7.2. Hardware
A top-level view of the design example is shown in FPGA AI Suite Example Design Top Level.
The instances of FPGA AI Suite IP are on the right (dla_top.sv). All communication between the FPGA AI Suite IP systems and the outside occurs via the FPGA AI Suite IP DMA. The FPGA AI Suite IP DMA provides a CSR (which also has interrupt functionality) and reader/writer modules which read/write from DDR.
The host communicates with the board through the PCIe* protocol. The host can do the following things:
- Read and write the on-board DDR memory (these reads/writes do not go through FPGA AI Suite IP).
- Read/write to the FPGA AI Suite IP DMA CSR of the instances.
- Receive interrupt signals from the FPGA AI Suite IP DMA CSR of both instances.
Each FPGA AI Suite IP instance can do the following things:
- Read/write to its DDR bank.
- Send interrupts to the host through the interrupt interface.
- Receive reads/writes to its DMA CSR.
From the perspective of the FPGA AI Suite, external connections are to the PCIe* interface and to the on-board DDR4 memory.
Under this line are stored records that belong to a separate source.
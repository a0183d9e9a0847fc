// Numbers as text: decimal digits, the high one first.
ghost use Rattle.std.specs.Prelude.{◌≡◌, ℕ, ◌≤◌, true, Some, decimal};
ghost use Rattle.digits.specs.Number.{all_digits, value_of, number_after, number_read, digit_after};

// The number `n` with a further digit, if it stays at most `most`.
fn add_digit(n: u32, c: u8, most: u32) -> Option<u32>
    ensures { result ≡ digit_after most n c }
{
    let digit = char::from(c).to_digit(10)?;
    n.checked_mul(10)?
        .checked_add(digit)
        .filter(|more| *more <= most)
}

// The number that digits write, if it is at most `most`; none write 0.
fn read_digits(word: &[u8], most: u32) -> Option<u32>
    ensures { result ≡ number_after most 0 word.now }
{
    let mut n = 0;
    for c in word {
        n = add_digit(n, *c, most)?;
    }
    Some(n)
}

// The number that `word` writes in decimal, if it is one and at most `most`. Zeros may stand in front.
pub fn read_number(word: &[u8], most: u32) -> Option<u32>
    ensures value { result ≡ number_read most word.now }
    ensures back { (n : ℕ) → n ≤ most → word.now ≡ decimal n → result ≡ Some n }
    ensures only { (n : ℕ) → result ≡ Some n → (all_digits word.now ≡ true) × (value_of word.now ≡ n) × (n ≤ most) }
{
    if word.is_empty() {
        return None;
    }
    read_digits(word, most)
}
The DDR memory is connected directly to mem.qsys block, while the PCIe interface is converted into Avalon® memory mapped (MM) interfaces in pcie_ed.qsys block for communication with the mem.qsys block.
The mem.qsys blocks arbitrate the connections to DDR memory between the reader/writer modules in FPGA AI Suite IP and reads/writes from the host. Each FPGA AI Suite IP instance in this design has access to only one of the DDR banks. This design decision implies that the number simultaneous FPGA AI Suite IP instances that can exist in the design is limited to the number of DDR blocks available on the board. Adding an additional arbiter would relax this restriction and allow additional FPGA AI Suite IP instances.
Much of board.qsys operates using the Avalon® Memory-mapped (MM) interface protocol. The FPGA AI Suite DMA uses AXI protocol, and board.qsys has Avalon® MM interface to AXI adapters just before each interface is exported to the FPGA AI Suite IP (so that outside of the Platform Designer system it can be connected to FPGA AI Suite IP). Clock crossing is also handled inside of board.qsys. For example, the host interface must be brought to the DDR clock to talk with the FPGA AI Suite IP CSR.
There are three clock domains: host clock, DDR clock, and the FPGA AI Suite IP clock. The PCIe* logic runs on the host clock. FPGA AI Suite DMA and the platform adapters run on the DDR clock. The rest of FPGA AI Suite IP runs on the FPGA AI Suite IP clock.
FPGA AI Suite IP protocols:
- Readers and Writers: 512-bit data (width configurable), 32-bit address AXI4 interface, 16-word max burst (width fixed).
- CSR: 32-bit data, 11-bit address
The board.qsys block contains two major elements; the pcie_ed.qsys block and the mem.qsys blocks. The pcie_ed.qsys block interfaces between the host PCIe data and the mem.qsys blocks. The mem.qsys blocks interface between DDR memory, the readers/writers, and the host read/write channels.
- Host read is used to read data from DDR memory and send it to the host.
- Host write is used to read data from the host into DDR memory.
- The MMIO interface performs several functions:
- DDR read and write transactions are initiated by the host via the MMIO interface
- Reading from the AFU ID block. The AFU ID block identifies the AFU with a unique identifier and is required for the OPAE driver.
- Reading/writing to the DLA DMA CSRs where each instance has its own CSR base address.
Platform Designer optimizes for area instead of fMAX by default, so you might need to change the interconnect settings for the inferred Avalon® MM/AXI4 adapter. For example, we made some changes as shown in the following figure.
To access the view in the above figure:
- Within the Platform Designer GUI choose View -> Domains. This brings up the Domains tab in the top-right window.
- From there, choose an interface (for example, dla_ddr_axi).
- For the selected interface, you can adjust the interconnect parameters, as shown on the bottom-right pane.
- In particular, we needed to change Burst adapter implementation from Generic converter (slower, lower area) to Per-burst-type converter (faster, higher area) to close timing on the DDR clock.
This was the only change needed to close timing, however it took several rounds of experimentation to determine this was the setting of importance. Depending on your system, other settings might need to be tweaked.